Нильс Абель[92]

   – Мы – слушаем: Гаусс… Что Гаусс? – ввернул Синепапич, напомнив профессору, что он – с гостями, а не в безвоздушном пространстве.
   Профессор, себя обретя, руку бросил, как кот, зарезвившийся с мышкою: с экзаменатором:
   – Гаусс – создатель теории чисел комплексных, в которой рассмотрены свойства больших числовых совокупностей.
   – Так, – прошептал Куланской, скрипнув стулом.
   То шею вытягивал он: из-за князя; то – прятался вовсе: за князя.
   Профессор докладывал князю:
   – И Эйлер[93] работал в теории чисел; а мысли Лагранжа к теориям Эйлера нам упростили знакомство с теорией этой.
   Искал разрезалку.
   Движением из-за профессора —
   – Вот разрезалка! —
   – ему Серафима Сергевна: и – из-под руки, разрезалку искавшей, схватила ее; и – просунула в руку.
   За каждым движеньем глазами следила, из них выливаяся: два колеса, – не глаза!
   И улиткой под домиком, пузом, свернувшийся, тихо поник Синепапич, ликующий, что дал беседе уклон, вызывающий негодованье Пэпэша.
   Князь взвешивал, не понимая:
   – Пустые слова: Абель, Абель!
   – Нильс Абель…
   – Да, да, – не стерпел Куланской, перебивший профессора, – Нильс Генрих Абель, которого имя – скрижали науки, – он князю.
   Профессор как бросится;
   – Абелевы интегралы, – рукой к Куланскому, – и Абелевы уравнения, – кто их не знает?
   Рукою ему Куланской:
   – Доказательство Абеля не было понято, – он через голову.
   И голова, князь, – отдернулась.
   – Абель писал: пока степень простое число…
   – Затруднения не представляется, – перебивал Куланской.
   – Когда сложное, – перебивал Куланского профессор.
   Но тот, перебивши профессора:
   – Вмешивается…
   – Сам дьявол, – пропели друг другу они, соглашаясь: носами, очками, руками.
   И вспомнив, что тут же – профаны, носы повернули к профанам; и им разъясняли:
   – Имея в виду, – разъяснял им профессор, – решение алгебраического…
   – Ческого, – эхом пел Куланской.
   – Уравнения…
   – Енья, – вибрировало басовое, воздушное тремоло: эхо.
   – Должны мы…
   – Должны, – сомневался тремоло, не представляя себе, что «должны мы».
   – Почтить Галуа[94], – уже кавалерийской атакой ударил профессор.
   – Ну, что же – почтим, – согласились глаза Куланского.

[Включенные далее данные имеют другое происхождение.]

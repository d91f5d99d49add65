//! One end of a connection: an address and a port.

ghost use Rattle.std.specs.Prelude.{◌≡◌};
ghost use Rattle.flow_table.specs.Hashing.{hash_input, hashed_alike};

use packet_views::Head;
use std::hash::{Hash, Hasher};

/// An IPv4 or IPv6 address with a TCP port. IPv4 comes before IPv6, then the address decides, then
/// the port.
#[derive(Clone, Copy, Debug, PartialEq, Eq, PartialOrd, Ord)]
pub enum Endpoint {
    /// An IPv4 address (RFC 791) as a number, the first byte highest.
    V4 { addr: u32, port: u16 },
    /// An IPv6 address (RFC 8200) as a number, the first byte highest.
    V6 { addr: u128, port: u16 },
}

impl Endpoint {
    ghost use Rattle.flow_table.specs.Endpoint.{source_of, destination_of};

    /// Who sent a segment.
    #[tactic(auto, unfolding(crate::specs::Endpoint::source_of))]
    pub fn source_of(head: &Head) -> Endpoint
        ensures { result ≡ source_of head.now }
    {
        Endpoint::V4 {
            addr: head.src,
            port: head.sport,
        }
    }

    /// To whom a segment was sent.
    #[tactic(auto, unfolding(crate::specs::Endpoint::destination_of))]
    pub fn destination_of(head: &Head) -> Endpoint
        ensures { result ≡ destination_of head.now }
    {
        Endpoint::V4 {
            addr: head.dst,
            port: head.dport,
        }
    }
}

/// An IPv4 endpoint is hashed as one number: one step of the hasher in place of three.
impl Hash for Endpoint {
    ghost hash_input = { hash_input };

    ghost respects_eq = { hashed_alike };

    fn hash<H: Hasher>(&self, state: &mut H) {
        match *self {
            Endpoint::V4 { addr, port } => (u64::from(addr) * 65536 + u64::from(port)).hash(state),
            Endpoint::V6 { addr, port } => {
                addr.hash(state);
                port.hash(state);
            }
        }
    }
}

   – Его оценили Бертран и Долбня, – бомбардировал психиатрический фронт Куланской.
   – В нем теория групп числовых – геометрия тела, вращаемого в многомерном пространстве.
   Профессор на головы выдвинул «танки» свои из имен, никому не известных, из мыслей, которыми эти ученые люди не пользовались: Синепапич читал Гераклита, – не Абеля, а Николай Николаевич – ни Гераклита, ни Абеля.

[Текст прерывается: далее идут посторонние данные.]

//! The key of a connection between two IPv4 endpoints, in 16 bytes.

ghost use Rattle.std.specs.Prelude.{◌≡◌, ◌+◌, ◌*◌, ◌<◌, ◌^◌, IfSome, is_some, true};
ghost use Rattle.flow_table.specs.Key.{EndpointPair, key_between};
ghost use Rattle.flow_table.specs.Pair.{is_ipv4, is_ipv4_pair, endpoint_of};

use crate::endpoint::Endpoint;
use crate::key::Key;
use std::hash::{Hash, Hasher};
use std::marker::Model;

/// How many ports there are: an endpoint's number is its address times this, and its port.
const PORTS: u64 = 65_536;

/// A `Key` of two IPv4 endpoints, each as one number: its address and then its port.
/// Two pairs are equal where two numbers are, and two keys where each field is.
#[derive(Drop)]
pub(crate) struct Pair {
    lo: u64,
    hi: u64,
}

impl Model for Pair {
    ghost use Rattle.std.specs.Prelude.{◌≤◌, ◌<◌, ◌^◌};
    ghost use Rattle.flow_table.specs.Key.{EndpointPair};
    ghost use Rattle.flow_table.specs.Pair.{endpoint_of};

    ghost Value = { EndpointPair };

    ghost view = { λ pair. (endpoint_of pair.lo, endpoint_of pair.hi) };

    ghost invariant = { λ pair. (pair.lo ≤ pair.hi) × (pair.hi < 2 ^ 48) };
}

// The endpoint that a number stands for.
fn endpoint_of(number: u64) -> Endpoint
    requires { number < 2 ^ 48 }
    ensures { result ≡ endpoint_of number }
{
    Endpoint::V4 {
        addr: (number / PORTS) as u32,
        port: (number % PORTS) as u16,
    }
}

// The number of an endpoint of IPv4.
#[inline(always)]
fn number_of(endpoint: &Endpoint) -> Option<u64>
    ensures ipv4 { is_some result ≡ is_ipv4 endpoint.now }
    ensures within { IfSome result (λ number. number < 2 ^ 48) }
    ensures number { IfSome result (λ number. endpoint_of number ≡ endpoint.now) }
{
    match *endpoint {
        Endpoint::V4 { addr, port } => Some(u64::from(addr) * PORTS + u64::from(port)),
        Endpoint::V6 { .. } => None,
    }
}

impl Pair {
    /// The pair of a key, where both endpoints are of IPv4.
    #[inline(always)]
    pub(crate) fn of(key: &Key) -> Option<Pair>
        ensures ipv4 { is_some result ≡ is_ipv4_pair key.now }
        ensures pair { IfSome result (λ pair. pair ≡ key.now) }
    {
        let Endpoint::V4 { addr, port } = key.lo else {
            return None;
        };
        let lo = u64::from(addr) * PORTS + u64::from(port);
        let Endpoint::V4 { addr, port } = key.hi else {
            return None;
        };
        let hi = u64::from(addr) * PORTS + u64::from(port);
        Some(Pair { lo, hi })
    }

    /// The pair of two endpoints in either order, where both are of IPv4: two numbers tell which is the lower one.
    #[inline(always)]
    pub(crate) fn between(a: &Endpoint, b: &Endpoint) -> Option<Pair>
        ensures ipv4 { is_some result ≡ is_ipv4_pair (key_between a.now b.now) }
        ensures pair { IfSome result (λ pair. pair ≡ key_between a.now b.now) }
    {
        let one = number_of(a)?;
        let other = number_of(b)?;
        if one <= other {
            Some(Pair { lo: one, hi: other })
        } else {
            Some(Pair { lo: other, hi: one })
        }
    }

    /// The key that it is the pair of.
    pub(crate) fn key(&self) -> Key
        ensures key { result ≡ self.now }
        ensures ipv4 { is_ipv4_pair self.now ≡ true }
    {
        Key {
            lo: endpoint_of(self.lo),
            hi: endpoint_of(self.hi),
        }
    }
}

impl PartialEq for Pair {
    ghost use Rattle.std.specs.Cmp.{partial_equiv_from_equiv};
    ghost use Rattle.flow_table.specs.contracts.key.KeyPartialEq.TheImpl.{ghosts as ends};
    ghost use Rattle.flow_table.specs.Pair.{pairs_equiv};

    ghost eq = { ends.eq };

    ghost laws = { partial_equiv_from_equiv pairs_equiv };

    fn eq(&self, other: &Pair) -> bool {
        self.lo == other.lo && self.hi == other.hi
    }
}

impl Eq for Pair {
    ghost use Rattle.flow_table.specs.Pair.{pairs_equiv};

    ghost laws = { pairs_equiv };
}

/// A pair is hashed as its key is: the lower number is joined with what the table's seed made of the hasher and is multiplied by
/// a fixed factor, and the higher one is joined with that product and multiplied likewise. Whoever doesn't know the seed knows
/// neither product, and so can't choose pairs that collide. Hashed as one number of 128 bits, the two would be factors of one
/// product: then whoever sends packets would choose a factor, and could take one that has few products.
impl Hash for Pair {
    ghost use Rattle.flow_table.specs.Pair.{pair_hash_input, paired_alike};

    ghost hash_input = { pair_hash_input };

    ghost respects_eq = { paired_alike };

    #[inline(always)]
    fn hash<H: Hasher>(&self, state: &mut H) {
        self.lo.hash(state);
        self.hi.hash(state);
    }
}
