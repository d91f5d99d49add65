//! The lane that a key goes to.

ghost use Rattle.std.specs.Prelude.{◌≡◌, ◌<◌, ◌≤◌};
ghost use Rattle.flow_table.specs.Key.{key_between};
ghost use Rattle.flow_table.specs.Lane.{mix_of, lane_of_key};

use crate::endpoint::Endpoint;
use crate::key::Key;

/// 2^64 over the golden ratio, odd: the multiplier of Fibonacci hashing.
const MULTIPLIER: u64 = 0x9e37_79b9_7f4a_7c15;

/// A hash of an endpoint: its address and port as one number of 64 bits, times 9e3779b97f4a7c15
/// (hex), with the upper half of the product folded into the lower one.
#[tactic(auto, unfolding(crate::specs::Lane::mix_of))]
pub fn mix(endpoint: &Endpoint) -> u64
    ensures { result ≡ mix_of endpoint.now }
{
    let number = match *endpoint {
        Endpoint::V4 { addr, port } => u64::from(addr) * 65536 + u64::from(port),
        Endpoint::V6 { addr, port } => {
            let low = addr & u128::from(u64::MAX);
            (addr >> 64) as u64 ^ low as u64 ^ u64::from(port)
        }
    };
    let product = number.wrapping_mul(MULTIPLIER);
    product ^ (product >> 32)
}

/// The lane of a key among so many lanes, at least one, from 0. It is the same for both directions
/// of a connection, since their key is the same.
#[tactic(auto, unfolding(crate::specs::Lane::lane_of_key))]
pub fn lane_of(key: &Key, lanes: usize) -> usize
    requires some { 1 ≤ lanes }
    ensures lane { result ≡ lane_of_key key.now lanes }
    ensures within { result < lanes }
{
    let sum = mix(&key.lo).wrapping_add(mix(&key.hi));
    (sum % lanes as u64) as usize
}

/// The lane of the key of two endpoints, in either order: the sum of two hashes doesn't ask which is lower, so no key is made.
#[tactic(auto, using(crate::proofs::Lanes::lane_of_ends))]
pub fn lane_between(a: &Endpoint, b: &Endpoint, lanes: usize) -> usize
    requires some { 1 ≤ lanes }
    ensures lane { result ≡ lane_of_key (key_between a.now b.now) lanes }
    ensures within { result < lanes }
{
    let sum = mix(a).wrapping_add(mix(b));
    (sum % lanes as u64) as usize
}
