//! How the table hashes its keys.

use std::hash::{BuildHasher, FoldHasher, Hasher};

/// Makes the hasher of each key, with the same beginning: that of std's maps, or one that has taken a seed.
/// It decides how long a call of the table takes, and never what it answers.
#[derive(Clone, Copy)]
pub(crate) struct KeyHashing {
    beginning: FoldHasher,
}

impl KeyHashing {
    /// The beginning that std's maps have. Whoever knows it can choose keys that collide.
    pub(crate) fn fixed() -> KeyHashing {
        KeyHashing {
            beginning: FoldHasher::default(),
        }
    }

    /// A beginning of its own for each seed.
    pub(crate) fn seeded(seed: u64) -> KeyHashing {
        let mut beginning = FoldHasher::default();
        beginning.write_u64(seed);
        KeyHashing { beginning }
    }
}

impl BuildHasher for KeyHashing {
    type Hasher = FoldHasher;

    ghost build_hasher = { λ s. s.beginning };

    fn build_hasher(&self) -> FoldHasher {
        self.beginning
    }
}

/// A seed out of the time of a packet, in seconds and a fraction of one as its record has them, and of the
/// bytes of its frame. Another time or another frame makes another seed, but for rare chances. Who sends
/// packets from afar knows neither; who writes a whole capture knows both.
pub fn seed_of(seconds: u32, fraction: u32, frame: &[u8]) -> u64 {
    let mut hasher = FoldHasher::default();
    hasher.write_u32(seconds);
    hasher.write_u32(fraction);
    hasher.write(frame);
    hasher.finish()
}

   Но параноика бледная маска за окнами шмыгала; встала в окне, замигавши глазами оранжевыми; и – язык показала; и – спряталась: под подоконник.
   Профессор увидел ее; и – споткнулся.
   – Труд Клейна…
   Молчал.
   – Какой труд? – раздалось из-под пуза.

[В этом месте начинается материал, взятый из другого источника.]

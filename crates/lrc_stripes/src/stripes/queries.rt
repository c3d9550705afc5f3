//! The queries. They change nothing.

ghost use Rattle.std.specs.Prelude.{◌≡◌, ℕ, if◌then◌else◌, None, is_some, option_map, ◌<◌, ◌↔◌, IsTrue, IsFalse, IfSome, IfNone, Some};
ghost use Rattle.lrc_code.specs.declared.numbers.StripeNo.{StripeNo as AnyStripe};
ghost use Rattle.lrc_stripes.specs.Stored.{homes_shown, missing_shown, needs_shown, level_shown, AreHomesOn, AreHomesOnFrom, has_work, AreWork, AreWorkFrom, AreAtRisk};
ghost use Rattle.lrc_homes.specs.Domains.{AreDomainsOf};
ghost use Rattle.lrc_code.specs.Codes.{has_fragment};
ghost use Rattle.lrc_code.specs.Losses.{bits_set};
ghost use Rattle.lrc_nodes.specs.States.{infos_in, state_at, down_in, online_in};
ghost use Rattle.lrc_stripes.specs.Tables.{stored_in};
ghost use Rattle.lrc_stripes.specs.Upgrades.{at_rest, is_short_lost_to, IsFirstShortLostTo};

use crate::stripes::Stripes;
use crate::{AtRisk, HomeDomains, Homes, HomesOn, Level, Seat, Work, upgrades};
use lrc_code::{Code, FRAGMENTS, Fragment, LossMask, NodeNo, StripeNo, UpgradeNo};
use lrc_terms::Mode;

#[tactic(auto, unfolding(crate::specs::Tables::stored_in))]
impl Stripes {
    /// Whether the stripe exists.
    pub fn contains(&self, stripe: StripeNo) -> bool
        ensures { result ≡ (stored_in self.now).stripes stripe }
    {
        self.rows.contains(stripe)
    }

    /// The home of a fragment of a stripe, if it has one; a fragment that the stripe's code lacks has none.
    pub fn home(&self, stripe: StripeNo, fragment: Fragment) -> Option<Seat>
        requires { IsTrue ((stored_in self.now).stripes stripe) }
        ensures { result ≡ (stored_in self.now).homes stripe fragment.value }
    {
        let row = self.rows.get(stripe)?;
        row.homes.home(fragment)
    }

    /// The homes of a stripe, by fragment number from 0 to 15; no home for a number that the stripe's code lacks. `None` for
    /// a stripe that does not exist.
    pub fn homes(&self, stripe: StripeNo) -> Option<[Option<Seat>; FRAGMENTS]>
        ensures { result ≡ homes_shown (stored_in self.now) stripe }
    {
        let row = self.rows.get(stripe)?;
        Some(row.homes.all())
    }

    /// The same homes in the form in which they are kept, which is cheap to copy.
    pub fn packed_homes(&self, stripe: StripeNo) -> Option<Homes>
        ensures { result ≡ homes_shown (stored_in self.now) stripe }
    {
        let row = self.rows.get(stripe)?;
        Some(row.homes.again())
    }

    /// The fragments of a stripe that have a home; each is one of the stripe's code.
    pub fn homed(&self, stripe: StripeNo) -> LossMask
        requires { IsTrue ((stored_in self.now).stripes stripe) }
        ensures few { result.bits < 65536 }
        ensures homed { (f : ℕ) → bits_set result.bits f ≡ is_some ((stored_in self.now).homes stripe f) }
        ensures within { (f : ℕ) → IsTrue (bits_set result.bits f) → IsTrue (has_fragment ((stored_in self.now).code stripe) f) }
    {
        self.rows.homed(stripe)
    }

    /// The domains of the nodes of a stripe's homes.
    pub fn domains(&self, stripe: StripeNo) -> &HomeDomains
        requires { IsTrue ((stored_in self.now).stripes stripe) }
        ensures { AreDomainsOf (infos_in (stored_in self.now).nodes) ((stored_in self.now).homes stripe) result.now }
    {
        let row = self.rows.get(stripe).unwrap();
        &row.domains
    }

    /// The missing fragments of a stripe: those without a home on an online node. `None` for a stripe that does not exist.
    pub fn missing(&self, stripe: StripeNo) -> Option<LossMask>
        ensures { result ≡ missing_shown (stored_in self.now) stripe }
    {
        let row = self.rows.get(stripe)?;
        let losses = row.losses_kept(&self.node_table, self.rows.upgrading(), stripe);
        Some(losses.missing())
    }

    /// The fragments of a stripe that need a lease: those without a home or with one on a draining node. `None` for a stripe
    /// that does not exist.
    pub fn needs(&self, stripe: StripeNo) -> Option<LossMask>
        ensures { result ≡ needs_shown (stored_in self.now) stripe }
    {
        let row = self.rows.get(stripe)?;
        Some(row.losses.needs())
    }

    /// The fragments of an existing stripe that need a lease.
    pub fn needs_there(&self, stripe: StripeNo) -> LossMask
        requires { IsTrue ((stored_in self.now).stripes stripe) }
        ensures { Some result ≡ needs_shown (stored_in self.now) stripe }
    {
        self.rows.needs(stripe)
    }

    /// The level of a stripe; `None` for a stripe that does not exist.
    pub fn level(&self, stripe: StripeNo) -> Option<Level>
        ensures { result ≡ level_shown (stored_in self.now) stripe }
    {
        let row = self.rows.get(stripe)?;
        let losses = row.losses_kept(&self.node_table, self.rows.upgrading(), stripe);
        Some(losses.level())
    }

    /// The lowest-numbered short stripe that is recoverable, and would not be with the nodes of this upgrade domain offline, in
    /// the state in which no domain is upgrading; `None` without such a stripe. A stripe is short if one of its fragments needs
    /// a lease, or it has homes on several nodes that are not online. If the homes of each stripe are in different fault
    /// domains, and those of each class in different upgrade domains, an upgrade can make no other stripe unrecoverable.
    pub fn would_lose_short(&self, domain: UpgradeNo) -> Option<StripeNo>
        ensures found { IfSome result (IsFirstShortLostTo (at_rest (stored_in self.now)) domain) }
        ensures none { IfNone result ((s : StripeNo) → IsFalse (is_short_lost_to (at_rest (stored_in self.now)) domain s)) }
    {
        upgrades::first_short(&self.node_table, &self.rows, &self.verdicts, domain)
    }

    /// The fragments with a home on a node, in rising order of stripe and fragment.
    pub fn homes_on(&self, node: NodeNo) -> HomesOn<'_>
        ensures { AreHomesOn (stored_in self.now) node result }
    {
        HomesOn::new(&self.node_table, &self.rows, node, 0)
    }

    /// The fragments with a home on a node, of the stripes from this number on, in rising order of stripe and fragment.
    pub fn homes_on_from(&self, node: NodeNo, first: StripeNo) -> HomesOn<'_>
        ensures { AreHomesOnFrom (stored_in self.now) node first result }
    {
        HomesOn::new(&self.node_table, &self.rows, node, first.value as usize)
    }

    /// The code of a stripe; `None` for a stripe that does not exist.
    pub fn code(&self, stripe: StripeNo) -> Option<Code>
        ensures { result ≡ (if (stored_in self.now).stripes stripe then Some ((stored_in self.now).code stripe) else None) }
    {
        let row = self.rows.get(stripe)?;
        Some(row.losses.code)
    }

    /// Whether a fragment of any stripe needs a lease.
    pub fn has_work(&self) -> bool
        ensures { IsTrue result ↔ ((s : AnyStripe) × IsTrue (has_work (stored_in self.now) s)) }
    {
        self.rows.has_work()
    }

    /// The stripes with a fragment that needs a lease, in the order of repair: by rank, and then by number.
    pub fn work(&self) -> Work<'_>
        ensures { AreWork (stored_in self.now) result }
    {
        self.rows.work()
    }

    /// The stripes with a fragment that needs a lease, in the order of repair, from this stripe on, which is one of them.
    pub fn work_from(&self, first: StripeNo) -> Work<'_>
        requires { IsTrue (has_work (stored_in self.now) first) }
        ensures { AreWorkFrom (stored_in self.now) first result }
    {
        self.rows.work_from(first)
    }

    /// The stripes that are not whole and their levels, in the order of repair: by rank, and then by number.
    pub fn at_risk(&self) -> AtRisk<'_>
        ensures { AreAtRisk (stored_in self.now) result }
    {
        AtRisk::new(&self.node_table, &self.rows)
    }

    /// The mode of a node, if the store has it.
    pub fn mode(&self, node: NodeNo) -> Option<Mode>
        ensures { result ≡ option_map (λ x. x.mode) (state_at (stored_in self.now).nodes node) }
    {
        self.node_table.mode(node)
    }

    /// Whether a node is down; `false` if the store does not have it.
    pub fn is_down(&self, node: NodeNo) -> bool
        ensures { result ≡ down_in (stored_in self.now).nodes node }
    {
        self.node_table.is_down(node)
    }

    /// Whether a node is online; `false` if the store does not have it.
    pub fn is_online(&self, node: NodeNo) -> bool
        ensures { result ≡ online_in (stored_in self.now).nodes node }
    {
        self.node_table.is_online(node)
    }
}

   И все, что дремало, – проснулось, понявши, что – сбился; так стая мышей: заскребется она, – зашуршит:
   – Что?
   – Какой же?
   Как будто штаны отвалились; он помощь искал в Куланской; Куланской, не припомнивший также труда рокового, за князя ушел головою, ужаснейшим скрипом ответило стуло, – не он.
   Дыра в памяти, —
   – черный квадратец заплаты, —
   – для всех подчеркнулся. И – факт, что – белей полотна, что – морщинист, что шрам стал лиловый, что руки тряслись; наблюдали, ловили, записывали с откровенным злорадством, чтоб после рассказывать, чтобы с фальшивым сочувствием доброе имя подмачивать.
   Мучился!
   И Серафима Сергевна, взяв руку, – глазами в глаза, потому что зловещее ухо Пэпэша, которое он, приложив к нему руку, вытягивал – ширилось; пузом провесясь и пузом отпрянув, он ножкою воздух бодал:
   – Сами видите!

Клейн

   Дверь – врасхлоп; голова заглянула – архаровца старого: серенькой, рябенькой ящеркой, дверь притворивши, на цыпочках переюркнул по стене Никанор, перевиливая между стульями; быстрый кивок, жест руки, отражающий брата, Ивана, рванувшегося через голову князя с «мое вам почтенье-с».
   – Я – нет: не мешаю.
   И – брату, Ивану:
   – Так – чч-то: продолжай!
   К Серафиме Сергевне, которая место ему уступила, юркнула, сложив руки и ноги скрестив; всем закидом ершей выражал, что он слушает, что ничего не случилось.
   Носы – на него.
   Тут профессор, с курбетом, отшаркнул и брата поднес, как на блюде – носам:
   – Никанор, – говоря откровенно, – Иванович, брат! И взглянув – дело ясное – в корень вопроса, его разрешил рационально:
   – Докладывал я, – он забыл, что еще не докладывал, путаясь, – Das Ikosaeder und die Auflцsung der Gleichnungen vom funften Grade, труд Клейна, дающий возможности нам перейти от решения алгебраического уравнения к геометрическому в изучении свойств многогранников, в «эн» измерениях, в «энных» мирах.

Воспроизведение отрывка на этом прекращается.